→ What the exercise asks
When the line containing "pub(crate) struct NodeSet" is found in the data below, copy it and each line after it through the line containing "node is there.", exactly and with no others.

→ Extracted records
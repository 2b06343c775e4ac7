//! Which classes each class names above it, by numbers.
ghost use Rattle.std.specs.Prelude.{◌≡◌, ◌<◌, ◌≤◌, ◌==◌, ◌↔◌, ℕ, [], ◌∷◌, ◌++◌, length, filter_map, slice_index, option_to_list, IfOk, OnOk, IsTrue};
ghost use Rattle.std.specs.List.{list_any};
ghost use Rattle.class_tree.specs.Inner.Graphs.{IsOneOf, IsNoneOf, IsPath, IsWithin};
ghost use Rattle.class_tree.specs.Inner.Nodes.{graph_of, number_of};
ghost use Rattle.class_tree.specs.Inner.Placing.{HasAdded};
ghost use Rattle.class_tree.specs.Steps.{supers};
ghost use Rattle.class_tree.specs.Trees.{IsInOrder};

use crate::headers::Headers;
use crate::lists::Lists;
use class_model::{Header, ListOf, NoMemory, Text};
use std::alloc::Global;
use std::marker::Model;

/// For each class the numbers of its superclass and interfaces, as far as they are there.
pub(crate) fn supers_graph(alloc: Global, headers: &Headers<'_>) -> Result<Lists<usize>, NoMemory>
    requires { IsInOrder headers.now }
    ensures { IfOk result (λ graph. graph ≡ graph_of headers.now) }
{
    let mut graph = Lists::new(alloc, headers.len())?;
    for number in 0..headers.len() {
        if let Some(header) = headers.get(number) {
            graph.push(supers_of(alloc, headers, header)?.as_slice())?;
        }
    }
    Ok(graph)
}

// The numbers of the superclass and the interfaces of a class, as far as they are there.
fn supers_of(
    alloc: Global,
    headers: &Headers<'_>,
    header: &Header,
) -> Result<ListOf<usize>, NoMemory>
    requires { IsInOrder headers.now }
    ensures { IfOk result
        (λ numbers. numbers ≡ filter_map (number_of headers.now) (supers header.now)) }
{
    let mut numbers = ListOf::new(alloc);
    if let Some(name) = &header.super_name {
        push_number(&mut numbers, headers, name)?;
    }
    for name in header.interfaces.as_slice() {
        push_number(&mut numbers, headers, name)?;
    }
    Ok(numbers)
}

// Appends the number of a class, if it is there.
fn push_number(
    numbers: &mut ListOf<usize>,
    headers: &Headers<'_>,
    name: &Text,
) -> Result<(), NoMemory>
    requires { IsInOrder headers.now }
    ensures { OnOk result
        (numbers.new ≡ numbers.old ++ option_to_list (number_of headers.now name.now)) }
{
    if let Some(number) = headers.number_of(name.bytes()) {
        numbers.push(number)?;
    }
    Ok(())
}

/// Whether a path of one edge or more leads from a node to a node.
pub(crate) fn reaches(
    alloc: Global,
    graph: &Lists<usize>,
    from: usize,
    to: usize,
) -> Result<bool, NoMemory>
    requires within { IsWithin graph.now }
    requires node { from < length graph.now }
    ensures { IfOk result (λ yes. IsTrue yes ↔ IsPath graph.now from to) }
{
    let mut reached = NodeSet::new(alloc, graph.len())?;
    reached.add_all(graph.get(from))?;
    let mut at = 0;
    while at < reached.len() {
        let node = reached.get(at);
        reached.add_all(graph.get(node))?;
        at += 1;
    }
    Ok(reached.has(to))
}

/// Nodes of a graph in the order in which they were added, each once. Whether one is there is told in constant time.
#[derive(Drop)]
pub(crate) struct NodeSet {
    nodes: ListOf<usize>,
    // For each node of the graph, whether it is there.
    marks: Vec<bool>,
}

impl Model for NodeSet {
    ghost use Rattle.std.specs.Prelude.{length};
    ghost use Rattle.class_tree.specs.Inner.Placing.{Collected, AreMarksOf};

    ghost Value = { Collected };

    ghost view = { λ set. record { size = length set.marks.items; nodes = set.nodes } };

    ghost invariant = { λ set. AreMarksOf set.nodes set.marks.items };
}

impl NodeSet {
    /// No node, of a graph with this many.
    pub(crate) fn new(alloc: Global, size: usize) -> Result<Self, NoMemory>
        ensures { IfOk result (λ set. set ≡ record { size = size; nodes = [] }) }
    {
        let marks = vec![in alloc; false; size]?;
        Ok(NodeSet {
            nodes: ListOf::new(alloc),
            marks,
        })
    }

    /// How many nodes there are.
    pub(crate) fn len(&self) -> usize
        ensures len { result ≡ length self.now.nodes }
        ensures bound { result ≤ self.now.size }
    {
        self.nodes.len()
    }

    /// Whether a node is there.
    pub(crate) fn has(&self, node: usize) -> bool
        ensures { result ≡ list_any (λ one. one == node) self.now.nodes }
    {
        self.marks.get(node).copied().unwrap_or(false)
    }

    /// The node that was added at this place.
    pub(crate) fn get(&self, at: usize) -> usize
        requires { at < length self.now.nodes }
        ensures { result ≡ slice_index self.now.nodes at }
    {
        self.nodes.as_slice()[at]
    }

    /// Adds a node that is not there.
    pub(crate) fn push(&mut self, node: usize) -> Result<(), NoMemory>
        requires node { node < self.old.size }
        requires new { IsNoneOf self.old.nodes node }
        ensures ok { OnOk result
            (self.new ≡ record self.old { nodes = self.old.nodes ++ node ∷ [] }) }
        ensures bound { length self.new.nodes ≤ self.new.size }
    {
        self.nodes.push(node)?;
        self.marks[node] = true;
        Ok(())
    }

    /// Adds those nodes that are not there.
    pub(crate) fn add_all(&mut self, nodes: &[usize]) -> Result<(), NoMemory>
        requires { (node : ℕ) → IsOneOf nodes.now node → node < self.old.size }
        ensures size { OnOk result (self.new.size ≡ self.old.size) }
        ensures nodes { OnOk result (HasAdded self.old.nodes self.new.nodes nodes.now) }
    {
        for node in nodes {
            if !self.has(*node) {
                self.push(*node)?;
            }
        }
        Ok(())
    }

    /// The nodes, in the order in which they were added.
    pub(crate) fn into_list(self) -> ListOf<usize>
        ensures { result ≡ self.nodes }
    {
        self.nodes
    }
}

→ Response to the task
pub(crate) struct NodeSet {
    nodes: ListOf<usize>,
    // For each node of the graph, whether it is there.
    marks: Vec<bool>,
}

impl Model for NodeSet {
    ghost use Rattle.std.specs.Prelude.{length};
    ghost use Rattle.class_tree.specs.Inner.Placing.{Collected, AreMarksOf};

    ghost Value = { Collected };

    ghost view = { λ set. record { size = length set.marks.items; nodes = set.nodes } };

    ghost invariant = { λ set. AreMarksOf set.nodes set.marks.items };
}

impl NodeSet {
    /// No node, of a graph with this many.
    pub(crate) fn new(alloc: Global, size: usize) -> Result<Self, NoMemory>
        ensures { IfOk result (λ set. set ≡ record { size = size; nodes = [] }) }
    {
        let marks = vec![in alloc; false; size]?;
        Ok(NodeSet {
            nodes: ListOf::new(alloc),
            marks,
        })
    }

    /// How many nodes there are.
    pub(crate) fn len(&self) -> usize
        ensures len { result ≡ length self.now.nodes }
        ensures bound { result ≤ self.now.size }
    {
        self.nodes.len()
    }

    /// Whether a node is there.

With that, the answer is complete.